- [Task prompt] Restate all of the data precisely, omitting nothing.

━━━━━━━━━━━━━━━━━━━━━━━━━━━━━━

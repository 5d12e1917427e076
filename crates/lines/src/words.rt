// The words that stand for kinds, each type's own.
use crate::records::{ActionKind, PickerKind, QueueKind, ReadingClass, TriggerKind};
use std::fmt;

impl fmt::Display for ActionKind {
    fn fmt<W: fmt::Write>(&self, f: &mut fmt::Formatter<W>) -> fmt::Result {
        f.write_str(match self {
            ActionKind::Logical => "logical",
            ActionKind::Physical => "physical",
        })
    }
}

impl fmt::Display for TriggerKind {
    fn fmt<W: fmt::Write>(&self, f: &mut fmt::Formatter<W>) -> fmt::Result {
        f.write_str(match self {
            TriggerKind::Input => "input",
            TriggerKind::Timer => "timer",
            TriggerKind::Action => "action",
            TriggerKind::ReadInput => "read",
        })
    }
}

impl fmt::Display for ReadingClass {
    fn fmt<W: fmt::Write>(&self, f: &mut fmt::Formatter<W>) -> fmt::Result {
        f.write_str(match self {
            ReadingClass::Absent => "absent",
            ReadingClass::AtMostZero => "at most 0",
            ReadingClass::AboveZero => "above 0",
        })
    }
}

impl fmt::Display for PickerKind {
    fn fmt<W: fmt::Write>(&self, f: &mut fmt::Formatter<W>) -> fmt::Result {
        f.write_str(match self {
            PickerKind::Level => "level",
            PickerKind::Turn => "turn",
        })
    }
}

impl fmt::Display for QueueKind {
    fn fmt<W: fmt::Write>(&self, f: &mut fmt::Formatter<W>) -> fmt::Result {
        f.write_str(match self {
            QueueKind::Heap => "heap",
            QueueKind::List => "list",
        })
    }
}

━━━━━━━━━━━━━━━━━━━━━━━━━━━━━━

- [Output]
repository 5d12e1917427e076
filename crates/lines/src/words.rt
// The words that stand for kinds, each type's own.
use crate::records::{ActionKind, PickerKind, QueueKind, ReadingClass, TriggerKind};
use std::fmt;

impl fmt::Display for ActionKind {
    fn fmt<W: fmt::Write>(&self, f: &mut fmt::Formatter<W>) -> fmt::Result {
        f.write_str(match self {
            ActionKind::Logical => "logical",
            ActionKind::Physical => "physical",
        })
    }
}

impl fmt::Display for TriggerKind {
    fn fmt<W: fmt::Write>(&self, f: &mut fmt::Formatter<W>) -> fmt::Result {
        f.write_str(match self {
            TriggerKind::Input => "input",
            TriggerKind::Timer => "timer",
            TriggerKind::Action => "action",
            TriggerKind::ReadInput => "read",
        })
    }
}

impl fmt::Display for ReadingClass {
    fn fmt<W: fmt::Write>(&self, f: &mut fmt::Formatter<W>) -> fmt::Result {
        f.write_str(match self {
            ReadingClass::Absent => "absent",
            ReadingClass::AtMostZero => "at most 0",
            ReadingClass::AboveZero => "above 0",
        })
    }
}

impl fmt::Display for PickerKind {
    fn fmt<W: fmt::Write>(&self, f: &mut fmt::Formatter<W>) -> fmt::Result {
        f.write_str(match self {
            PickerKind::Level => "level",
            PickerKind::Turn => "turn",
        })
    }
}

impl fmt::Display for QueueKind {
    fn fmt<W: fmt::Write>(&self, f: &mut fmt::Formatter<W>) -> fmt::Result {
        f.write_str(match self {
            QueueKind::Heap => "heap",
            QueueKind::List => "list",
        })
    }
}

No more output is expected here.